Expect: researcher runs; 📊 health report with Tests / Errors / Security; every ❌ has a file:line; .se/diagnose.json written; footer routes via triage (1–3 small → "ask for the fix"; 4+ → /se-roadmap add). /se-diagnose security → only the security section.

8. /se-status + SessionStart injection

/se-status        → mode, progress bar (10-char ASCII), active phase, last commit, sub-second, no agent calls

Restart the session in the same project and ask where am i? — Claude should answer from injected context without calling /se-status. Then ask what is 2+2? — Claude must NOT volunteer plugin state. The injected block now describes the single triage entry, not the old command table.

9. /se-roadmap CRUD

/se-roadmap                              → shows roadmap, footer says "say 'continue' to advance"
/se-roadmap add "add E2E tests"          → proposes phase block, waits for confirm, bumps total_phases
/se-roadmap remove 3                     → refuses if done; else archives phase dir, renumbers

10. Superpowers side-by-side

With both plugins loaded: triage still runs; /superpowers:brainstorming still runs; neither SessionStart hook clobbers the other. For fuzzy design exploration the plugin should defer to superpowers:brainstorming; for requirements it uses its own clarify.
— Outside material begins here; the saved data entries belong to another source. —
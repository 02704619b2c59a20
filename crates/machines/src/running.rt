// The run of a machine over a listing: the code of the tree, worked out from the leaves up.
ghost use Rattle.std.specs.Prelude.{◌≡◌, length, replicate};
ghost use Rattle.trees.specs.Parts.{places};
ghost use Rattle.machines.specs.Runs.{CodeOf, Ran, Judged};

use crate::cell::Code;
use lent::Cleared;
use machine::Machine;
use trees::{Algebra, Refusal, Values, read};

// The code of a tree, as a stack's numbers hold it.
#[derive(Drop)]
struct Codes<'m, M> {
    machine: &'m M,
}

impl<M: Machine, C: Code> Algebra<C> for Codes<'_, M> {
    ghost comes_to = { λ a t c. CodeOf (M.Machine.meaning a.machine.now) C.Code.limit t (C.Code.value c) };

    fn leaf(&self, label: u8, marks: u8) -> C {
        C::put(self.machine.leaf(label, marks))
    }

    fn inner(&self, label: u8, marks: u8, left: C, right: C) -> C {
        C::put(self.machine.inner(label, marks, left.get(), right.get()))
    }
}

// The code of the tree whose listing this is, or the first refusal due. The stack has a place for each open part; its
// numbers must hold every code below the machine's count, or the code answered is free.
pub fn run<M: Machine, C: Code>(
    machine: &M,
    listing: &[u8],
    stack: &mut [C],
) -> Result<u64, Refusal>
    ensures answer { Ran (M.Machine.meaning machine.now) C.Code.limit (places stack.old) listing.now result }
    ensures cleared { stack.new ≡ replicate (length stack.old) C.Zero.null }
{
    let guard = Cleared { cells: stack };
    let mut codes = Values {
        algebra: Codes { machine },
        stack: &mut *guard.cells,
    };
    read(machine.shape(), listing, &mut codes)?;
    Ok(codes.stack[0].get())
}

// Whether the machine accepts the tree whose listing this is; otherwise as `run`.
pub fn judge<M: Machine, C: Code>(
    machine: &M,
    listing: &[u8],
    stack: &mut [C],
) -> Result<bool, Refusal>
    ensures answer { Judged (M.Machine.meaning machine.now) C.Code.limit (places stack.old) listing.now result }
    ensures cleared { stack.new ≡ replicate (length stack.old) C.Zero.null }
{
    let code = run(machine, listing, stack)?;
    Ok(machine.is_final(code))
}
11. jq missing — graceful degradation

mv "$(which jq)" /tmp/jq-backup

/se-status still works; the SessionStart hook no-ops the integrations write instead of crashing (guarded by command -v jq); auto-qa/state-tracker no-op. Restore: mv /tmp/jq-backup "$(which jq)".

Cleanup

rm -rf /tmp/se-a /tmp/se-b

Known gaps (deliberate)

  • No unit tests for bash scripts beyond evals/ — small enough to eyeball; the checklist catches integration risks.
  • MEMORY.md curation deferred to the platform.
  • Marketplace distribution out of scope for now.
  • Interactive multi-turn flows (clarify's AskUserQuestion) can't be driven headless — routing classification can (see §0), the dialogue can't.

When something fails

  1. claude --debug-file /tmp/sea.log --plugin-dir "$PLUGIN"
  2. Reproduce, then tail -100 /tmp/sea.log — look for hook, skill, agent events.
  3. Hook failures — pipe fake JSON manually:
    echo '{}' | CLAUDE_PLUGIN_ROOT="$PLUGIN" bash "$PLUGIN/hooks/auto-qa"; echo "exit=$?"
  4. Agent failures — launch directly: Use the planner agent to ... with a minimal prompt.